### [Assignment]
Read through the records below and copy each line that uses the word "push".

Stored data entries:
◇ ◇ ◇

//! The automatic layers of an ask: the layer of the payer's own channels, and the layers of an ask in its order.
#![tactic(auto)]

mod expanded;
mod local;

pub use expanded::{Expanded, expand};
pub use local::local_layer;
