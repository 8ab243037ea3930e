ghost use Rattle.std.specs.Prelude.{◌≡◌, length, IfOk};
ghost use Rattle.layer.specs.Ask.{asks_for, named_layers};
ghost use Rattle.layer.specs.declared.ask.Auto.TheVariants.{SourceFree, NoMpp};
ghost use Rattle.auto_layers.specs.LocalLayer.{local_lists};
ghost use Rattle.auto_layers.specs.Expanded.{expanded_layers};

use crate::local_layer;
use channel_map::Local;
use layer::{Asked, Auto, Layer, Snapshot};
use plan_base::{Items, NoMemory};
use std::alloc::Global;

/// The layers of an ask, in its order, with the automatic ones.
#[derive(Debug, Drop)]
pub struct Expanded {
    /// The layers, with the local layer at its place.
    pub layers: Items<Layer>,
    /// Whether directions that leave the source are free.
    pub source_free: bool,
    /// Whether one part alone is allowed.
    pub single: bool,
}

/// Expands the automatic layers of a snapshot's ask.
pub fn expand(alloc: Global, snapshot: &Snapshot, local: &Local) -> Result<Expanded, NoMemory>
    ensures layers { IfOk result (λ expanded. expanded.layers ≡ expanded_layers (local_lists local.now) snapshot.now.ask.layers snapshot.now.layers) }
    ensures source_free { IfOk result (λ expanded. expanded.source_free ≡ asks_for SourceFree snapshot.now.ask.layers) }
    ensures single { IfOk result (λ expanded. expanded.single ≡ asks_for NoMpp snapshot.now.ask.layers) }
{
    let ask = snapshot.ask();
    Ok(Expanded {
        layers: expand_layers(alloc, ask.layers.as_slice(), snapshot.layers(), local)?,
        source_free: ask.asks_for(Auto::SourceFree),
        single: ask.asks_for(Auto::NoMpp),
    })
}

fn expand_layers(
    alloc: Global,
    asked: &[Asked],
    named: &[Layer],
    local: &Local,
) -> Result<Items<Layer>, NoMemory>
    requires { length named.now ≡ length (named_layers asked.now) }
    ensures { IfOk result (λ layers. layers ≡ expanded_layers (local_lists local.now) asked.now named.now) }
{
    let mut layers = Vec::new(alloc);
    let mut next = 0;
    for asked in asked {
        match asked {
            Asked::Auto(Auto::LocalChans) => layers.push(local_layer(alloc, local)?)?,
            Asked::Auto(Auto::SourceFree | Auto::NoMpp) => {}
            Asked::Named(_) => {
                layers.push(named[next].copy()?)?;
                next += 1;
            }
        }
    }
    Ok(Items::from_vec(layers))
}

◇ ◇ ◇

### [Reply]
            Asked::Auto(Auto::LocalChans) => layers.push(local_layer(alloc, local)?)?,
                layers.push(named[next].copy()?)?;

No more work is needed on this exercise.